> [Activity]: A stretch of the entries below is to be set down exactly, running from the line with "result ≡ reset_of" through the line with "of a property.", both included, and no other line.

> [Entries taken from a collection]:
==*==
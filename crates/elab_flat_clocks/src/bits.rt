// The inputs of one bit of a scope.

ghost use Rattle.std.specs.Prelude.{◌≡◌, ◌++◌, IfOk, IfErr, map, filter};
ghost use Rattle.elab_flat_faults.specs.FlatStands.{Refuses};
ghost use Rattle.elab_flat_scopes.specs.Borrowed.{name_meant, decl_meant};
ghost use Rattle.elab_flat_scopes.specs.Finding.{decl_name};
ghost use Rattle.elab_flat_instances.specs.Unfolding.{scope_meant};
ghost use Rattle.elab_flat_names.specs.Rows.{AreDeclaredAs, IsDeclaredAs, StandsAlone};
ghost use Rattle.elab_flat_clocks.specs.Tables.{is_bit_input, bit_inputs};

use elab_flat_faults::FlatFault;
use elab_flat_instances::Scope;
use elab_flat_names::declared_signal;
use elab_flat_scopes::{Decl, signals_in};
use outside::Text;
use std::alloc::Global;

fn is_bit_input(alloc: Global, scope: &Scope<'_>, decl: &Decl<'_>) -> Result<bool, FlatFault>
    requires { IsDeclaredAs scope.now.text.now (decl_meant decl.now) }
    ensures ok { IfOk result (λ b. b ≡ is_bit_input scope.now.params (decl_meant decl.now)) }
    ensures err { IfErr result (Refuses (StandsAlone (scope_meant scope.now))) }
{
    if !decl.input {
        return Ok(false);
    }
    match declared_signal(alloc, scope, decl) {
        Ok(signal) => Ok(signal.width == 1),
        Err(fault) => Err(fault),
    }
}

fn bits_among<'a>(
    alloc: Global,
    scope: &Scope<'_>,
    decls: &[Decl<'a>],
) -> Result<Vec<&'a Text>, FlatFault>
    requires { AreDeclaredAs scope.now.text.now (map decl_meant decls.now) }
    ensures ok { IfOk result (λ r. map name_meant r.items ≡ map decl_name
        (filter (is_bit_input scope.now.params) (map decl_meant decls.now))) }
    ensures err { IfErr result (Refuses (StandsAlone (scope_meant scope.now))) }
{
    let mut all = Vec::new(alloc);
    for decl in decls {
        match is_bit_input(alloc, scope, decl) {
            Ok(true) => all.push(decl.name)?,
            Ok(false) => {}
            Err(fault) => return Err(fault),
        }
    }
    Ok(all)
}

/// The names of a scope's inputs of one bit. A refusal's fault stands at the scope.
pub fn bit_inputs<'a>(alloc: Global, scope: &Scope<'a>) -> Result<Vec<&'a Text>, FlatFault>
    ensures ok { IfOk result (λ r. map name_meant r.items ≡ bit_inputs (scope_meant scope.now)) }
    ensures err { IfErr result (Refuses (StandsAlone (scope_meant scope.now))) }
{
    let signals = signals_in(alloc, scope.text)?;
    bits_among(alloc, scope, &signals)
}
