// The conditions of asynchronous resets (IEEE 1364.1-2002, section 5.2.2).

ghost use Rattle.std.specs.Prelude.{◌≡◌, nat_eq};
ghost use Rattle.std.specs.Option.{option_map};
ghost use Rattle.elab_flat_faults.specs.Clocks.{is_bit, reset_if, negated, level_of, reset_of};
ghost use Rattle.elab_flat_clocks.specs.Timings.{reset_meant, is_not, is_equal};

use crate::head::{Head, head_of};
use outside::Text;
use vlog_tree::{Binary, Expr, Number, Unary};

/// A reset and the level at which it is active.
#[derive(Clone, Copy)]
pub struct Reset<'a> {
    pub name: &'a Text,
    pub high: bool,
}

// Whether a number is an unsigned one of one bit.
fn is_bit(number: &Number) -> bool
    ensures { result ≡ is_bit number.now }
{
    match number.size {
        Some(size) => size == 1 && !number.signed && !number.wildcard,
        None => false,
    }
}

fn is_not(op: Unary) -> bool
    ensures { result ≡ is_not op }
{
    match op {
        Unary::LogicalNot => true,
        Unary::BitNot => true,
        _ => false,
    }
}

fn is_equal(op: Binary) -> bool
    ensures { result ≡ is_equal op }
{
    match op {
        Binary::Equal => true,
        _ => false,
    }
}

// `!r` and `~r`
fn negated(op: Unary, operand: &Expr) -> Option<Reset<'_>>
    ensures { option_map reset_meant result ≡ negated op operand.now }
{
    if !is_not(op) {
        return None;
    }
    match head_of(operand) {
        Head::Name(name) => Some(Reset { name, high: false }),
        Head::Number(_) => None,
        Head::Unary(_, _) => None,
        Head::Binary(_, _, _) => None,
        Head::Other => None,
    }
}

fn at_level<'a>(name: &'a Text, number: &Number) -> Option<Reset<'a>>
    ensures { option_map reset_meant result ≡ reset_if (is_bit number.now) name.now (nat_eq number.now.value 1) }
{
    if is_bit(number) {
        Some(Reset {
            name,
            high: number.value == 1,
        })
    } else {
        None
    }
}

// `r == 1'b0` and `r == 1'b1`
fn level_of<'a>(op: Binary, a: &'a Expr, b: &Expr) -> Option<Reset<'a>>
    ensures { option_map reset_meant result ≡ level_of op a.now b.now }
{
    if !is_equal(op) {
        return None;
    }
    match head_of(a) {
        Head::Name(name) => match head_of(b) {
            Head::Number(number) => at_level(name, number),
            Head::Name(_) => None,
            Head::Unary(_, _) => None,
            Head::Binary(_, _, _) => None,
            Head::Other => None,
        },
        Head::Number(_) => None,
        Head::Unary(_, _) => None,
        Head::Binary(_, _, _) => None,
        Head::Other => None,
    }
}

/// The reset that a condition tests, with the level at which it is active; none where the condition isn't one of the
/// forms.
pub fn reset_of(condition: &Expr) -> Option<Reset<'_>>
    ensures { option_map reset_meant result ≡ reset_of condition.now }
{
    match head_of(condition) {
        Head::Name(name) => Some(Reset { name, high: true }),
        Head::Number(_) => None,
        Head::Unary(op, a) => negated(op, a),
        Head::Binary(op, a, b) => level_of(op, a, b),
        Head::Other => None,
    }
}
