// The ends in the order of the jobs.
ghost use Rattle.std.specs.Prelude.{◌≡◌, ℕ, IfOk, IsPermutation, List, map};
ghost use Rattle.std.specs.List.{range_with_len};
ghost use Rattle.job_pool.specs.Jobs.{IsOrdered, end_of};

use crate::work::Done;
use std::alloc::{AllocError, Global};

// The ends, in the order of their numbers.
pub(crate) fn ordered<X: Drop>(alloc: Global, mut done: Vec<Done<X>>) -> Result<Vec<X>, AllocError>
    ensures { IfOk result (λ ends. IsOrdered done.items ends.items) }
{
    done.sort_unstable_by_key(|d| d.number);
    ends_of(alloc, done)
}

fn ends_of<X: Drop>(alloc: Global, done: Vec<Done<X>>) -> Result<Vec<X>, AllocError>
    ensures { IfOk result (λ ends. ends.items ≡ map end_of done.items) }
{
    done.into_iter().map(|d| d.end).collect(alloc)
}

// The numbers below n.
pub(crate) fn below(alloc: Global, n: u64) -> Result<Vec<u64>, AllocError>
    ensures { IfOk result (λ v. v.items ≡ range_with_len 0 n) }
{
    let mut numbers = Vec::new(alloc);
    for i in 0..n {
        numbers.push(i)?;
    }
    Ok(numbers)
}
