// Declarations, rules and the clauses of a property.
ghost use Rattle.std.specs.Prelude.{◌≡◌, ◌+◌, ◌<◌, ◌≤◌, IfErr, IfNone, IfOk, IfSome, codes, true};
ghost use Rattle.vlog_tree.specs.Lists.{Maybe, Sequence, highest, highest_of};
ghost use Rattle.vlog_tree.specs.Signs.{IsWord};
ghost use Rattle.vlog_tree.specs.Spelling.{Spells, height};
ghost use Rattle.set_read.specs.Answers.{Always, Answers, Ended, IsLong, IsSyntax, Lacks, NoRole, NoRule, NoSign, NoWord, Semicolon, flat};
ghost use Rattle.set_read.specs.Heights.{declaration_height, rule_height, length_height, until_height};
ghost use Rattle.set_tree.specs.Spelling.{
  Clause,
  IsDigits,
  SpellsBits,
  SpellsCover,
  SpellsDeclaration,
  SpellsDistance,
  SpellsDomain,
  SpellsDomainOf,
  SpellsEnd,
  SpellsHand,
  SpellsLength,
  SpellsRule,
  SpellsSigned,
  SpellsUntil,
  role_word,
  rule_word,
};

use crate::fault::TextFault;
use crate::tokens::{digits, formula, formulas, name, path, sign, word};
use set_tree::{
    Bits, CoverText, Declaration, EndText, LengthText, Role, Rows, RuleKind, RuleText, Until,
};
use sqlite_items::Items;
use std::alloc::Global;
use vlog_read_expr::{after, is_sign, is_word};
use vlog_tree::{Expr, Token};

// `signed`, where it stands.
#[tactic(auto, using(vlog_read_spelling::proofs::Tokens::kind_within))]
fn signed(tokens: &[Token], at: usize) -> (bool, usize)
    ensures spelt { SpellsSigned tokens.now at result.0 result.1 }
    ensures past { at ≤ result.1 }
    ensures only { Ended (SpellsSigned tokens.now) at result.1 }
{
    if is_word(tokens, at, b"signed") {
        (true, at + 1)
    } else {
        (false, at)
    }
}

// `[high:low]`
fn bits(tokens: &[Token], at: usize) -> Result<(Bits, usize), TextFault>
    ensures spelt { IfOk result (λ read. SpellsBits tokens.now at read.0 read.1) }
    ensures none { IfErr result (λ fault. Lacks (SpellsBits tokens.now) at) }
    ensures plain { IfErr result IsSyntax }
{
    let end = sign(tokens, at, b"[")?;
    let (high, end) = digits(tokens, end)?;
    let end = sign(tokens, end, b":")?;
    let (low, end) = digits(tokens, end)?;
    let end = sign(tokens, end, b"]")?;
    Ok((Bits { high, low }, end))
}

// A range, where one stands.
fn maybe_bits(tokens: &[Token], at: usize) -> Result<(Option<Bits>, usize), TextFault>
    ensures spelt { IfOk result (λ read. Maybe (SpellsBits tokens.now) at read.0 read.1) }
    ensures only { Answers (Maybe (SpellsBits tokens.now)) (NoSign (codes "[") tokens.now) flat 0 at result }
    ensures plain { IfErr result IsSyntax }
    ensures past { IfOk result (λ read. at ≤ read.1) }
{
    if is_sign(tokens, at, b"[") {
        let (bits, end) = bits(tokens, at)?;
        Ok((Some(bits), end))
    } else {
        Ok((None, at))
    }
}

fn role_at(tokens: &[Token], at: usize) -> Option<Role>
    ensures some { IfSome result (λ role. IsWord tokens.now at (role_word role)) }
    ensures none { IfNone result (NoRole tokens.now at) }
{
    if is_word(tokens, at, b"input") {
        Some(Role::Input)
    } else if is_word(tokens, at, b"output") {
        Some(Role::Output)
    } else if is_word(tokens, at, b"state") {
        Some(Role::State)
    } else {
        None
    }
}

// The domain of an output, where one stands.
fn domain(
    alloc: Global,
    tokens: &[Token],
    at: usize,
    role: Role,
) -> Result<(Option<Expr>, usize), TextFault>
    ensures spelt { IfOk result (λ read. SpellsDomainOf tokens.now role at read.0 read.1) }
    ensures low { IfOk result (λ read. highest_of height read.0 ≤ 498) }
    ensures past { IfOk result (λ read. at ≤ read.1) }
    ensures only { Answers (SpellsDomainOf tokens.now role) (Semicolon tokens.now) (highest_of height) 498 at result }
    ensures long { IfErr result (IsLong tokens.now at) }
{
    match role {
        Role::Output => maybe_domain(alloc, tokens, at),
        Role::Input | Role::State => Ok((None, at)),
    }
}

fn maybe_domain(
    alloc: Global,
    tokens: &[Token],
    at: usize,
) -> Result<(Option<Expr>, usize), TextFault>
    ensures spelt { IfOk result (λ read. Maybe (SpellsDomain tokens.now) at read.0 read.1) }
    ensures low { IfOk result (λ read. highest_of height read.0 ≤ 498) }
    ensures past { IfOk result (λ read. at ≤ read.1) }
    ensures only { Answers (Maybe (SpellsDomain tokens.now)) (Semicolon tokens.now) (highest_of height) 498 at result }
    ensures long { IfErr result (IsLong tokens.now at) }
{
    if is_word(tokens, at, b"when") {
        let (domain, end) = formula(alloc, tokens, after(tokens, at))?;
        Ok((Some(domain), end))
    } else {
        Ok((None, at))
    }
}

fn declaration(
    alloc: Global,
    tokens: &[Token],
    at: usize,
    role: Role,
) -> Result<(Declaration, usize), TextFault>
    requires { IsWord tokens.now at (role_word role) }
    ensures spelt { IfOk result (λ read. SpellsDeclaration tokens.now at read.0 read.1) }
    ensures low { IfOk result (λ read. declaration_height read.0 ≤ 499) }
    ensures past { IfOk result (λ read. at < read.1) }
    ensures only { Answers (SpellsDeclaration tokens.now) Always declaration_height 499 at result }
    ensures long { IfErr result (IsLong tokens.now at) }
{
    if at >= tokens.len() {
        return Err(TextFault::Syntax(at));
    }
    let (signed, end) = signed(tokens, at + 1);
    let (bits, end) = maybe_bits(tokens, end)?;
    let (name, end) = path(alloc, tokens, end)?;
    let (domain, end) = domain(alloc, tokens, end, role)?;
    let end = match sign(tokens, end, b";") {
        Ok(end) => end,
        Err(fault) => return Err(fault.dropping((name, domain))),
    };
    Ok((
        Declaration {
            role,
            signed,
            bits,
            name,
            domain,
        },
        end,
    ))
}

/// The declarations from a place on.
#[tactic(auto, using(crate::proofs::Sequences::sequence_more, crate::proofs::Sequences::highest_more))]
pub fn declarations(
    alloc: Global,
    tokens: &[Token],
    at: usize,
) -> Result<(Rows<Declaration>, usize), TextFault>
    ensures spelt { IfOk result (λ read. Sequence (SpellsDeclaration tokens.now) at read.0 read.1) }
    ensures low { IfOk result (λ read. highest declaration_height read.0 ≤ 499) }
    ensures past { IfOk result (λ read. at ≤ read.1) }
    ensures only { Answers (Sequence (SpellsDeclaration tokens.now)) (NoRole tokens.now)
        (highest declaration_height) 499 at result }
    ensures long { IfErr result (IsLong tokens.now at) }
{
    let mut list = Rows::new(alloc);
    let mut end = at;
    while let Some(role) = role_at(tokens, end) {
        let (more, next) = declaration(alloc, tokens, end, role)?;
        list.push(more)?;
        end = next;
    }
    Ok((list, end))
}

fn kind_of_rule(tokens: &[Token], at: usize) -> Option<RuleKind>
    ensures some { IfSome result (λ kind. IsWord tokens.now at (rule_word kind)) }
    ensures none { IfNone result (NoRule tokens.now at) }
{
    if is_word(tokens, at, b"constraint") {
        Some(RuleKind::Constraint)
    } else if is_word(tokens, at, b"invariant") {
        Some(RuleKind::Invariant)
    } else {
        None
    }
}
==*==
> [Solved problem]:
    ensures { option_map reset_meant result ≡ reset_of condition.now }
{
    match head_of(condition) {
        Head::Name(name) => Some(Reset { name, high: true }),
        Head::Number(_) => None,
        Head::Unary(op, a) => negated(op, a),
        Head::Binary(op, a, b) => level_of(op, a, b),
        Head::Other => None,
    }
}
// The ends in the order of the jobs.
ghost use Rattle.std.specs.Prelude.{◌≡◌, ℕ, IfOk, IsPermutation, List, map};
ghost use Rattle.std.specs.List.{range_with_len};
ghost use Rattle.job_pool.specs.Jobs.{IsOrdered, end_of};

use crate::work::Done;
use std::alloc::{AllocError, Global};

// The ends, in the order of their numbers.
pub(crate) fn ordered<X: Drop>(alloc: Global, mut done: Vec<Done<X>>) -> Result<Vec<X>, AllocError>
    ensures { IfOk result (λ ends. IsOrdered done.items ends.items) }
{
    done.sort_unstable_by_key(|d| d.number);
    ends_of(alloc, done)
}

fn ends_of<X: Drop>(alloc: Global, done: Vec<Done<X>>) -> Result<Vec<X>, AllocError>
    ensures { IfOk result (λ ends. ends.items ≡ map end_of done.items) }
{
    done.into_iter().map(|d| d.end).collect(alloc)
}

// The numbers below n.
pub(crate) fn below(alloc: Global, n: u64) -> Result<Vec<u64>, AllocError>
    ensures { IfOk result (λ v. v.items ≡ range_with_len 0 n) }
{
    let mut numbers = Vec::new(alloc);
    for i in 0..n {
        numbers.push(i)?;
    }
    Ok(numbers)
}
// Declarations, rules and the clauses of a property.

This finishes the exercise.